> WORK INSTRUCTION
A single number is the answer: the count of lines in these records with "ghost" in them.

> ENTRIES SUPPLIED
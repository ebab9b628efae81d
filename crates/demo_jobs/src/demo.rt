//! A generated job, as the texts of its files.

ghost use Rattle.std.specs.Prelude.{◌≡◌, ℕ, IfOk, Some};
ghost use Rattle.job_file.specs.Job.{tree_of};
ghost use Rattle.demo_jobs.specs.Accepted.{IsAccepted};
ghost use Rattle.demo_jobs.specs.CurveText.{curve_text, job_book};
ghost use Rattle.demo_jobs.specs.Draws.{draws};
ghost use Rattle.demo_jobs.specs.Dyes.{drawn_dyes};
ghost use Rattle.demo_jobs.specs.JobTable.{job_table};
ghost use Rattle.demo_jobs.specs.WeightsText.{weights_text};
ghost use Rattle.demo_jobs.specs.declared.weights.Light.TheVariants.{First, Second};

use crate::book::job_book;
use crate::curve_file::curve_text;
use crate::draws::draws;
use crate::dyes::drawn_dyes;
use crate::job_table::job_text;
use crate::laws;
use crate::weights::Light;
use crate::weights_file::weights_text;
use std::alloc::{AllocError, Global};
use std::marker::Model;

/// A text. Contracts see it as the list of its bytes.
#[derive(Debug, Drop)]
pub struct Bytes {
    list: Vec<u8>,
}

impl Model for Bytes {
    ghost use Rattle.std.specs.Prelude.{ℕ, List};

    ghost Value = { List ℕ };

    ghost view = { λ b. b.list.items };
}

impl Bytes {
    /// The text of these bytes.
    pub fn of(list: Vec<u8>) -> Bytes
        ensures { result ≡ list.items }
    {
        Bytes { list }
    }

    /// The bytes.
    pub fn as_slice(&self) -> &[u8]
        ensures { result.now ≡ self.now }
    {
        self.list.as_slice()
    }
}

/// A generated job: its text, and the texts of the files that it names.
#[derive(Debug, Drop)]
pub struct Demo {
    /// The job, in TOML.
    pub job: Bytes,
    /// The curve file, `demo.csv`.
    pub curves: Bytes,
    /// The weights of the first light, `demo1.csv`.
    pub first: Bytes,
    /// The weights of the second light, `demo2.csv`.
    pub second: Bytes,
}

/// Makes the job with a number. The contract says which table the job's text reads as, and gives
/// every byte of the other three texts. The readers accept all four texts, and `resolve` accepts
/// the job.
pub fn make(alloc: Global, number: u32) -> Result<Demo, AllocError>
    ensures job { IfOk result (λ d. tree_of d.job ≡ Some (job_table (drawn_dyes (draws number)))) }
    ensures curves { IfOk result (λ d. d.curves ≡ curve_text (job_book (draws number))) }
    ensures first { IfOk result (λ d. d.first ≡ weights_text First) }
    ensures second { IfOk result (λ d. d.second ≡ weights_text Second) }
    ensures accepted { IfOk result
        (λ d. IsAccepted (draws number) d.job d.curves d.first d.second) }
{
    laws::accepted();
    let draws = draws(number);
    let book = job_book(alloc, draws.as_slice())?;
    let job = job_text(alloc, drawn_dyes(draws.as_slice()).as_slice())?;
    Ok(Demo {
        job: Bytes::of(job.into_bytes()),
        curves: Bytes::of(curve_text(alloc, &book)?),
        first: Bytes::of(weights_text(alloc, Light::First)?),
        second: Bytes::of(weights_text(alloc, Light::Second)?),
    })
}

> RESPONSE TO THE EXERCISE
12